## What you are asked to do
Each line in the entries below that contains the word "declared" counts once. Report how many there are and nothing more.

Stored records

//! What C calls. Bytes that are none are refused, but by `dali_machine_go`: the one call with a condition.

ghost use Rattle.std.specs.Prelude.{◌≡◌, ◌<◌, ◌↔◌, ◌⊎◌, Bool, true, false, [], Option, Some, None, IsSome, IfSome};
ghost use Rattle.dali_script.specs.declared.records.Record.{Record};
ghost use Rattle.dali_script.specs.declared.orders.Input.{Input};
ghost use Rattle.dali_script.specs.declared.orders.Order.{Order};
ghost use Rattle.dali_script.specs.Records.{Fits, with_record};
ghost use Rattle.dali_script.specs.Pairs.{pairs_in};
ghost use Rattle.dali_script.specs.Due.{due_after, accepts, record_ordered};
ghost use Rattle.dali_controller.specs.Machine.{Machine, at_first};
ghost use Rattle.dali_controller.specs.Orders.{IsGiven, machine_after};
ghost use Rattle.dali_controller.specs.States.{machine_with};
ghost use Rattle.dali_controller.specs.Whole.{IsWhole};
ghost use Rattle.dali_wire.specs.declared.receiver.Receiver.{Receiver};
ghost use Rattle.dali_wire.specs.declared.window.Window.{Window};
ghost use Rattle.dali_wire.specs.Levels.{sent_levels, forward_bits};
ghost use Rattle.dali_wire.specs.Reception.{receiver_at_first, receiver_after, receiver_at, told_of};
ghost use Rattle.dali_wire.specs.Windows.{window_at_first, window_after, window_at, answer_at, passed};
ghost use Rattle.dali_c.specs.Codes.{input_of, bool_of, due_code};
ghost use Rattle.dali_c.specs.Orders.{record_of, order_of, HasNoMore, IsSentSo};
ghost use Rattle.dali_c.specs.Records.{kept_of, AreRecords, AreCleared};
ghost use Rattle.dali_c.specs.Machines.{VERSION, IsRead, Holds};
ghost use Rattle.dali_c.specs.Levels.{AreLevels};
ghost use Rattle.dali_c.specs.Receivers.{receiver_of, window_of, IsTold, IsHeard};
ghost use Rattle.dali_c.specs.Calls.{AnswersAdd, Steps, refusal, OK, NOT_DUE, NO_MACHINE, BAD_ARGUMENT, NO_RECORDS};
ghost use Rattle.dali_c.specs.Hosts.{HasStepped};
ghost use Rattle.dali_c.specs.Passes.{passes_after, next_after};
ghost use Rattle.dali_c.specs.Calls.{DOES_NOT_FIT, ADDRESS_TAKEN, RANDOM_TAKEN, NOT_RESERVED};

## Task answer
5